Data Reconciliation Strategies: Priori reconciliation vs Posteriori reconciliation
The biggest difference between data integration semweb-style and data integration datawarehouse-style is when reconciliation happens: the semantic web model assumes that reconciliation must happen a posteriori, when the data is consumed, while data warehousing assumes that reconciliation must happen a priori, when the data enters the system.
The semantic web architects correctly identified a priori reconciliation as the biggest scalability impediment for a world-scale data integration effort and decided to avoid worrying about it (so much that it took years for the concept of ‘identifier equivalence’ to even surface in the semantic web architecture and it was included in OWL which feels horribly overdesigned to be used simply for that particular purpose).
For years, I’ve been a fairly vocal advocate for the elegance and scalability of a-posteriori reconciliation via equivalence mappings as a superior mechanism (scale-wise) to a-priori reconciliation efforts… but this started to change very rapidly once I started working for Metaweb and saw first hand how much more effective a-priori reconciliation can be, even if drastically more expensive and limiting in the data acquisition front.
The difference between efforts like Freebase and efforts like Linking Open Data hinges around their model for reconciliation.
Freebase spends considerable amount of resources performing a priori reconciliation of all the bulk loads of data to try to have the most compact and densest possible graph, even at the cost of limiting the rate with which new data can be acquired.

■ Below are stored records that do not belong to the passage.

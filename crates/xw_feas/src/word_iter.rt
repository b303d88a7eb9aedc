//! An iterator over the feasible words of a light.
ghost use Rattle.std.specs.Prelude.{◌≡◌, ◌<◌, length, slice_get};
ghost use Rattle.xw_words.specs.Dictionary.{known_words, entry_at, most_words};
ghost use Rattle.xw_feas.specs.Board.{board_of, spelled, light_at};
ghost use Rattle.xw_feas.specs.Queries.{words_answer};
ghost use Rattle.xw_feas.specs.Spelled.{spelling};

use crate::board::{Board, Cells};
use crate::edit::{Found, Refusal};
use crate::feasible::Feasible;
use std::marker::Model;
use xw_grid::cell::LightName;
use xw_letters::letter::Letter;

/// The word that the letters of a light's cells spell.
#[derive(Drop)]
pub struct Entries<'a> {
    board: Board<'a>,
    cells: Cells,
}

impl<'a> Model for Entries<'a> {
    ghost use Rattle.std.specs.Prelude.{List, ℕ};
    ghost use Rattle.xw_feas.specs.Board.{spelled};

    ghost Value = { List ℕ };

    ghost view = { λ entries. spelled entries.board entries.cells };
}

impl<'a> Entries<'a> {
    /// The number of letters.
    pub fn len(&self) -> usize
        ensures { result ≡ length self.now }
    {
        self.cells.len()
    }

    /// The letter at position `k`, counted from 0; `None` past the last one.
    pub fn letter(&self, k: usize) -> Option<Letter>
        ensures { result ≡ slice_get self.now k }
    {
        if k < self.cells.len() {
            Some(self.board.letter(self.cells.at(k)))
        } else {
            None
        }
    }
}

/// The letters of a feasible word: a known word, or the word entered in a light.
#[derive(Drop)]
pub enum Spelled<'a> {
    Listed(&'a [Letter]),
    Entered(Entries<'a>),
}

impl<'a> Spelled<'a> {
    /// The number of letters.
    pub fn len(&self) -> usize
        ensures { result ≡ length (spelling self.now) }
    {
        match self {
            Spelled::Listed(letters) => letters.len(),
            Spelled::Entered(entries) => entries.len(),
        }
    }

    /// The letter at position `k`, counted from 0; `None` past the last one.
    pub fn letter(&self, k: usize) -> Option<Letter>
        ensures { result ≡ slice_get (spelling self.now) k }
    {
        match self {
            Spelled::Listed(letters) => letters.get(k).copied(),
            Spelled::Entered(entries) => entries.letter(k),
        }
    }
}

/// The remaining feasible words of a light, in dictionary order.
#[derive(Drop)]
pub struct WordIter<'a, E: Feasible> {
    engine: &'a E,
    light: usize,
    from: usize,
}

impl<'a, E: Feasible> Model for WordIter<'a, E> {
    ghost use Rattle.std.specs.Prelude.{List, ℕ, ◌<◌, length};
    ghost use Rattle.xw_grid.specs.Light.{lights_of};
    ghost use Rattle.xw_feas.specs.Board.{board_of};
    ghost use Rattle.xw_feas.specs.Words.{words_from};

    ghost Value = { List (List ℕ) };

    ghost view = { λ words. words_from (board_of (E.state words.engine.now).grid) (E.state words.engine.now).words (E.answers words.engine.now) words.light words.from };

    ghost invariant = { λ words. words.light < length (lights_of (E.state words.engine.now).grid) };
}

/// Iterates over the feasible words of a light. Returns `NoLight` if no light has this name.
pub fn words<E: Feasible>(engine: &E, name: LightName) -> Result<WordIter<'_, E>, Refusal>
    ensures { result ≡ words_answer (E.state engine.now) (E.answers engine.now) name }
{
    match engine.lights().index(name) {
        None => Err(Refusal::NoLight),
        Some(light) => Ok(WordIter {
            engine,
            light,
            from: 0,
        }),
    }
}

/// The word that the letters of a light spell.
fn entries_in<E: Feasible>(engine: &E, light: usize) -> Entries<'_>
    requires { light < length (board_of (E.state engine.now).grid).lights }
    ensures { result ≡ spelled (board_of (E.state engine.now).grid) (light_at (board_of (E.state engine.now).grid) light) }
{
    let board = Board::new(engine.grid(), engine.lights());
    let cells = board.light(light);
    Entries { board, cells }
}

/// The known word at an index, of the length of a light.
fn word_in<E: Feasible>(engine: &E, light: usize, index: usize) -> &[Letter]
    requires light { light < length (board_of (E.state engine.now).grid).lights }
    requires index { index < length (known_words (E.state engine.now).words (length (light_at (board_of (E.state engine.now).grid) light))) }
    ensures word { result.now ≡ (entry_at (known_words (E.state engine.now).words (length (light_at (board_of (E.state engine.now).grid) light))) index).word }
    ensures small { index < most_words }
{
    let board = Board::new(engine.grid(), engine.lights());
    let len = board.light(light).len();
    let bank = engine.bank();
    bank.well_formed();
    bank.word(len, index)
}

impl<'a, E: Feasible> Iterator for WordIter<'a, E> {
    ghost use Rattle.std.specs.Iterator.{YieldsFirstBy, item_count};
    ghost use Rattle.xw_feas.specs.Spelled.{spelling};

    type Item = Spelled<'a>;

    ghost next_gives = { YieldsFirstBy spelling (λ words. words) };

    ghost remaining = { item_count (λ words. words) };

    fn next(&mut self) -> Option<Spelled<'a>> {
        let engine = self.engine;
        match engine.next_word_at(self.light, self.from) {
            None => None,
            Some(Found::Entered) => {
                self.from = 1;
                Some(Spelled::Entered(entries_in(engine, self.light)))
            }
            Some(Found::Listed(index)) => {
                let word = word_in(engine, self.light, index);
                self.from = index + 1;
                Some(Spelled::Listed(word))
            }
        }
    }
}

On the other hand, Linking Open Data follows the a posteriori reconciliation model where it is assumed that identifier reconciliation is a low-energy point and the world-wide web of data will, once big enough, tend to naturally reconcile identifiers and schemas toward an increased graph density.
Both are huge bets: there is no indication that a priori reconciliation costs are not a function of the quantity of data already contained in the graph (which would eventually saturate its ability to grow); and there is no indication that a denser graph is naturally a lower energy point for unreconciled agglomerations of datasets and that an increase in relational density would happen naturally and spontaneously.